Analysis of Copy Number Variations (CNVs) in FF and FFPE tumor pairs.

Figure 4: Analysis of Copy Number Variations (CNVs) in FF and FFPE tumor pairs. Copy number variations in tumor samples were determined using QDNAseq and visualized by Integrative Genome Viewer. A. Whole genome view with copy number loss (blue) and copy number gain (red) regions are highlighted for all 7 pairs of tumor samples. B. Copy number variations in Chromosome 2 are shown for all 7 pairs of FF and FFPE samples. C. Copy number profiles of FF and FFPE (FP) tumor groups show similar pattern of gains and losses. Frequency of copy number alterations are plotted on Y-axis, and chromosome coordinates are plotted on X-axis and include chromosome 1 to 22. Plot was generated using CGHbase R package.

Hierarchical clustering and correlation analysis of copy number alterations in FF and FFPE samples.

Figure 5: Hierarchical clustering and correlation analysis of copy number alterations in FF and FFPE samples. A. Non-supervised hierarchical clustering was performed using aheatmap R package with input data created by CGHregions R package.
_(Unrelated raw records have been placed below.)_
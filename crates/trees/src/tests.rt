// Worked numbers, on a pool of three nodes with the keys 10, 20 and 30.

use crate::*;
use entry::Entry;
use std::test::Fail;

const SMALL: [Node; 3] = [
    Node {
        key: 20,
        note: 2,
        left: 1,
        right: 2,
        height: 2,
    },
    Node {
        key: 10,
        note: 1,
        left: NONE,
        right: NONE,
        height: 1,
    },
    Node {
        key: 30,
        note: 3,
        left: NONE,
        right: NONE,
        height: 1,
    },
];

const TEN: Entry = Entry { key: 10, note: 1 };

const TWENTY: Entry = Entry { key: 20, note: 2 };

const THIRTY: Entry = Entry { key: 30, note: 3 };

#[test]
fn looks(rt: HostRuntime) -> Result<(), Fail> {
    let nodes = SMALL;
    let held = find(&nodes, 0, 30);
    assert_eq!(rt; held.entry, Some(THIRTY));
    assert_eq!(rt; held.visits, 2);
    let missing = find(&nodes, 0, 25);
    assert_eq!(rt; missing.entry, None);
    assert_eq!(rt; missing.visits, 2);
    assert_eq!(rt; next(&nodes, 0, 11).entry, Some(TWENTY));
    assert_eq!(rt; last(&nodes, 0, 29).entry, Some(TWENTY));
    assert_eq!(rt; first_entry(&nodes, 0).entry, Some(TEN));
    assert_eq!(rt; last_entry(&nodes, 0).entry, Some(THIRTY));
    Ok(())
}

#[test]
fn spans_and_walks(rt: HostRuntime) -> Result<(), Fail> {
    let nodes = SMALL;
    assert_eq!(rt; count(&nodes, 0, 10, 29), 2);
    let other = Entry { key: 7, note: 7 };
    let mut out = [other; 4];
    assert_eq!(rt; span(&nodes, 0, 10, 20, &mut out, 1), 3);
    assert_eq!(rt; out, [other, TEN, TWENTY, other]);
    let mut row = [9u16; 3];
    assert_eq!(rt; walk(&nodes, 0, &mut row, 0), 3);
    assert_eq!(rt; row, [1, 0, 2]);
    Ok(())
}

#[test]
fn minimal_counts(rt: HostRuntime) {
    for three in FEWEST.windows(3) {
        assert_eq!(rt;
            u32::from(three[2]),
            1 + u32::from(three[1]) + u32::from(three[0])
        );
    }
    assert_eq!(rt; fewest_at(10), 143);
    assert_eq!(rt; tallest(0), 0);
    assert_eq!(rt; tallest(142), 9);
    assert_eq!(rt; tallest(143), 10);
    assert_eq!(rt; tallest(231), 10);
}
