// Balanced trees over indexed nodes, and what can be read from them.
//
// All nodes lie in one pool. A tree is the index of its root, NONE for no tree, and a node names its
// children by their indices. At each place the heights of the two subtrees differ by at most 1, a node
// stores the height of its subtree, keys rise from left to right, and no index stands twice.
// Every call here walks down recursively, and the stored height falls with each step. The nodes and the
// root stay two arguments: in one struct, it would have to be made anew at each step and by each caller,
// who holds one pool and a root for each bucket.
#![tactic(auto)]

mod above;
mod below;
mod ends;
mod seek;
mod spans;
mod table;
mod tally;
mod walks;

ghost use Rattle.std.specs.Prelude.{◌≡◌, ◌+◌, ◌<◌};
ghost use Rattle.std.specs.Option.{option_or};
ghost use Rattle.trees.specs.Pools.{entry_in};

pub use above::next;
pub use below::last;
pub use ends::{first_entry, last_entry};
use entry::Entry;
pub use seek::find;
pub use spans::span;
pub use table::{FEWEST, fewest_at, tallest};
pub use tally::count;
pub use walks::walk;

// No tree. As Option<u16> each index would take 4 bytes in place of 2, so a node 32 in place of 24, and the
// fixed pool of 512 nodes 16384 in place of 12288.
pub const NONE: u16 = 0xFFFF;

#[derive(Clone, Copy, Debug, Eq, PartialEq)]
pub struct Node {
    pub key: u64,
    pub note: u64,
    pub left: u16,
    pub right: u16,
    pub height: u8,
}

impl Node {
    pub fn entry(&self) -> Entry
        ensures { result ≡ entry_in self.now }
    {
        Entry {
            key: self.key,
            note: self.note,
        }
    }

    // The look ends here.
    pub(crate) fn found(&self) -> Found
        ensures { result ≡ record { entry = Some (entry_in self.now); visits = 1 } }
    {
        Found {
            entry: Some(self.entry()),
            visits: 1,
        }
    }
}

// What a look for an entry gives: the entry, if there is one, and how many entries stand on the way.
#[derive(Clone, Copy, Debug, Default, Eq, PartialEq)]
pub struct Found {
    pub entry: Option<Entry>,
    pub visits: u16,
}

impl Found {
    // One entry more on the way.
    pub(crate) fn one_more(self) -> Found
        requires { self.visits < 512 }
        ensures { result ≡ record { entry = self.entry; visits = self.visits + 1 } }
    {
        Found {
            visits: self.visits + 1,
            ..self
        }
    }

    // One entry more on the way, which is the answer where none was found behind it.
    pub(crate) fn or_here(self, here: &Node) -> Found
        requires { self.visits < 512 }
        ensures { result ≡ record { entry = option_or self.entry (Some (entry_in here.now)); visits = self.visits + 1 } }
    {
        Found {
            entry: self.entry.or(Some(here.entry())),
            ..self.one_more()
        }
    }
}

#[cfg(test)]
mod tests;
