// The first and the last entry of a tree, with the entries on the way to them.
//
// One function over a side would choose the child by it, and be longer than both.

ghost use Rattle.trees.specs.Trees.{low_way, high_way};
ghost use Rattle.trees.specs.Pools.{Standing, tree_at, entries_at};
ghost use Rattle.trees.specs.Answers.{Saw, foremost, hindmost};

use crate::{Found, NONE, Node};

pub fn first_entry(nodes: &[Node], root: u16) -> Found
    requires { Standing nodes.now root }
    ensures { Saw result (foremost (entries_at nodes.now root)) (low_way (tree_at nodes.now root)) (tree_at nodes.now root) }
{
    if root == NONE {
        return Found::default();
    }
    let here = nodes[root as usize];
    first_entry(nodes, here.left).or_here(&here)
}

pub fn last_entry(nodes: &[Node], root: u16) -> Found
    requires { Standing nodes.now root }
    ensures { Saw result (hindmost (entries_at nodes.now root)) (high_way (tree_at nodes.now root)) (tree_at nodes.now root) }
{
    if root == NONE {
        return Found::default();
    }
    let here = nodes[root as usize];
    last_entry(nodes, here.right).or_here(&here)
}
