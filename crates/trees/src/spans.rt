// The entries of a span of keys, both ends included, written out in rising order, into places that are
// the caller's: how far they are filled is the answer, since no vector of ours could hold them.

ghost use Rattle.std.specs.Prelude.{◌≡◌, ◌+◌, ◌≤◌, length};
ghost use Rattle.entry.specs.Lists.{between};
ghost use Rattle.trees.specs.Pools.{Standing, entries_at};
ghost use Rattle.trees.specs.Answers.{laid};

use crate::{NONE, Node};
use entry::Entry;

// Writes the entries with keys from first to second, in rising order, into the places from start on,
// and answers the place after them.
pub fn span(
    nodes: &[Node],
    root: u16,
    first: u64,
    second: u64,
    out: &mut [Entry],
    start: usize,
) -> usize
    requires tree { Standing nodes.now root }
    requires room { start + length (between first second (entries_at nodes.now root)) ≤ length out.old }
    ensures places { out.new ≡ laid out.old start (between first second (entries_at nodes.now root)) }
    ensures end { result ≡ start + length (between first second (entries_at nodes.now root)) }
{
    if root == NONE {
        return start;
    }
    let here = nodes[root as usize];
    if here.key < first {
        return span(nodes, here.right, first, second, out, start);
    }
    if second < here.key {
        return span(nodes, here.left, first, second, out, start);
    }
    let middle = span(nodes, here.left, first, second, out, start);
    out[middle] = here.entry();
    span(nodes, here.right, first, second, out, middle + 1)
}
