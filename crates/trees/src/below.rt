// The highest entry at or below a key.
//
// The way is the search path of the key itself, and the entry is the last one of that side on it.
// One function over a side, for next and last, would choose again in each arm, and be longer than both.

ghost use Rattle.entry.specs.Lists.{upto};
ghost use Rattle.trees.specs.Trees.{seen};
ghost use Rattle.trees.specs.Pools.{Standing, tree_at, entries_at};
ghost use Rattle.trees.specs.Answers.{Saw, hindmost};

use crate::{Found, NONE, Node};
use std::cmp::Ordering;

pub fn last(nodes: &[Node], root: u16, key: u64) -> Found
    requires { Standing nodes.now root }
    ensures { Saw result (hindmost (upto key (entries_at nodes.now root))) (seen key (tree_at nodes.now root)) (tree_at nodes.now root) }
{
    if root == NONE {
        return Found::default();
    }
    let here = nodes[root as usize];
    match key.cmp(&here.key) {
        Ordering::Less => last(nodes, here.left, key).one_more(),
        Ordering::Equal => here.found(),
        Ordering::Greater => last(nodes, here.right, key).or_here(&here),
    }
}
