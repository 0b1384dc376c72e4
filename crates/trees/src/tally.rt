// How many entries a span of keys has, both ends included.

ghost use Rattle.std.specs.Prelude.{◌≡◌, length};
ghost use Rattle.entry.specs.Lists.{between};
ghost use Rattle.trees.specs.Pools.{Standing, entries_at};

use crate::{NONE, Node};

pub fn count(nodes: &[Node], root: u16, first: u64, second: u64) -> usize
    requires { Standing nodes.now root }
    ensures { result ≡ length (between first second (entries_at nodes.now root)) }
{
    if root == NONE {
        return 0;
    }
    let here = nodes[root as usize];
    if here.key < first {
        return count(nodes, here.right, first, second);
    }
    if second < here.key {
        return count(nodes, here.left, first, second);
    }
    let low = count(nodes, here.left, first, second);
    let high = count(nodes, here.right, first, second);
    low + 1 + high
}
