// The entry of a key, and the search path to it.

ghost use Rattle.entry.specs.Lists.{at};
ghost use Rattle.trees.specs.Trees.{seen};
ghost use Rattle.trees.specs.Pools.{Standing, tree_at, entries_at};
ghost use Rattle.trees.specs.Answers.{Saw, foremost};

use crate::{Found, NONE, Node};
use std::cmp::Ordering;

pub fn find(nodes: &[Node], root: u16, key: u64) -> Found
    requires { Standing nodes.now root }
    ensures { Saw result (foremost (at key (entries_at nodes.now root))) (seen key (tree_at nodes.now root)) (tree_at nodes.now root) }
{
    if root == NONE {
        return Found::default();
    }
    let here = nodes[root as usize];
    match key.cmp(&here.key) {
        Ordering::Less => find(nodes, here.left, key).one_more(),
        Ordering::Equal => here.found(),
        Ordering::Greater => find(nodes, here.right, key).one_more(),
    }
}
The results show clustering of FF/FFPE pairs, indicating similarity between paired samples. B. Pearson correlation was performed to assess the correlation across all samples, and results indicate paired samples are highly correlated.
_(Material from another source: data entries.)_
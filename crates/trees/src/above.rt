// The lowest entry at or above a key.
//
// The way is the search path of the key itself, and the entry is the last one of that side on it.

ghost use Rattle.entry.specs.Lists.{from};
ghost use Rattle.trees.specs.Trees.{seen};
ghost use Rattle.trees.specs.Pools.{Standing, tree_at, entries_at};
ghost use Rattle.trees.specs.Answers.{Saw, foremost};

use crate::{Found, NONE, Node};
use std::cmp::Ordering;

pub fn next(nodes: &[Node], root: u16, key: u64) -> Found
    requires { Standing nodes.now root }
    ensures { Saw result (foremost (from key (entries_at nodes.now root))) (seen key (tree_at nodes.now root)) (tree_at nodes.now root) }
{
    if root == NONE {
        return Found::default();
    }
    let here = nodes[root as usize];
    match key.cmp(&here.key) {
        Ordering::Less => next(nodes, here.left, key).or_here(&here),
        Ordering::Equal => here.found(),
        Ordering::Greater => next(nodes, here.right, key).one_more(),
    }
}
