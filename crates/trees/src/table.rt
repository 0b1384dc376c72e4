// The fewest entries of a balanced tree of each height, and the height that so many entries allow.

ghost use Rattle.std.specs.Prelude.{◌≡◌, ℕ, ◌+◌, ◌<◌, ◌≤◌, length};
ghost use Rattle.trees.specs.Trees.{Tree, Balanced, entries, tall, seen};
ghost use Rattle.trees.specs.Heights.{fewest, highest};

// For the heights 1 to 10. Each number is 1 more than the sum of the two before it.
pub const FEWEST: [u16; 10] = [1, 2, 4, 7, 12, 20, 33, 54, 88, 143];

pub fn fewest_at(height: u8) -> u16
    requires { (1 ≤ height) × (height ≤ 10) }
    ensures { result ≡ fewest height }
{
    FEWEST[(height - 1) as usize]
}

// The largest height that so many entries allow.
pub fn tallest(size: u16) -> u8
    requires { size < 232 }
    ensures height { result ≡ highest size }
    ensures allowed { fewest result ≤ size }
    ensures largest { (h : ℕ) → fewest h ≤ size → h ≤ result }
    ensures trees { (t : Tree) → Balanced t → length (entries t) ≤ size → tall t ≤ result }
    ensures paths { (t : Tree) (key : ℕ) → Balanced t → length (entries t) ≤ size → seen key t ≤ result }
{
    FEWEST.iter().filter(|least| **least <= size).count() as u8
}
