// The indices of a tree's nodes, from left to right.

ghost use Rattle.std.specs.Prelude.{◌≡◌, ◌+◌, ◌≤◌, length};
ghost use Rattle.trees.specs.Pools.{Standing, places_at};
ghost use Rattle.trees.specs.Answers.{laid};

use crate::{NONE, Node};

// Over a vector of any fixed capacity the check did not prove the recursion, and one of 512 would ask
// more of callers, so the row and its end stay two.
//
// Writes the indices into the places from start on, and answers the place after them.
pub fn walk(nodes: &[Node], root: u16, row: &mut [u16], start: usize) -> usize
    requires tree { Standing nodes.now root }
    requires room { start + length (places_at nodes.now root) ≤ length row.old }
    ensures places { row.new ≡ laid row.old start (places_at nodes.now root) }
    ensures end { result ≡ start + length (places_at nodes.now root) }
{
    if root == NONE {
        return start;
    }
    let here = nodes[root as usize];
    let middle = walk(nodes, here.left, row, start);
    row[middle] = root;
    walk(nodes, here.right, row, middle + 1)
}
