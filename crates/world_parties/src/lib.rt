//! The parties of a world: which validators are correct and which lie, the clients, all their keys, and the frames of
//! what liars and clients send.
//!
//! The key of what FROM sends to TO is the SHA-256 digest (FIPS 180-4) of the text `tmsim FROM TO`, as `tmsim c7 v2`.
#![tactic(auto)]

mod fault;
mod keys;
mod lines;
mod parties;
mod sending;

pub use fault::FaultNumber;
pub use lines::{Bundling, Proposing, Tagged, Voting};
pub use parties::Parties;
Characterization of known FFPE artifacts

FFPE DNA was previously shown to contain artifacts from formalin fixation and sample preparation that result in enhanced cytosine deamination [27]. These artifacts show up as C > T or G > A (C·G > T·A) substitutions, and we expect higher C > T substitutions in the discordant positions than in concordant positions. We therefore analyze the C > T substitution rates at concordant and discordant positions. Mean substitution rates for combined C > T, G > A transitions is slightly lower in FFPE samples compared to FF sample when all SNV positions are analyzed, but the difference is not significance (Figure 6A). Interestingly, mean substitution rates for combined C > T, G > A transitions are slightly higher at discordant SNV positions, and the difference is not significant in TES data sets but significant in WXS data sets (Figure 6B). Similarly, overall mismatch error rates is slightly higher FFPE samples compared to matched FF samples, but the difference is not significant in TES data sets but significant in WXS data sets (Figure 6C). Consistent with prior studies [2830], we found the increased rates of C > T (or G > A in complementary strand) substitutions only in the CpG context (Figure 6D) but not in other sequence contexts (Figure 6D and 6E) in both FF and FFPE samples.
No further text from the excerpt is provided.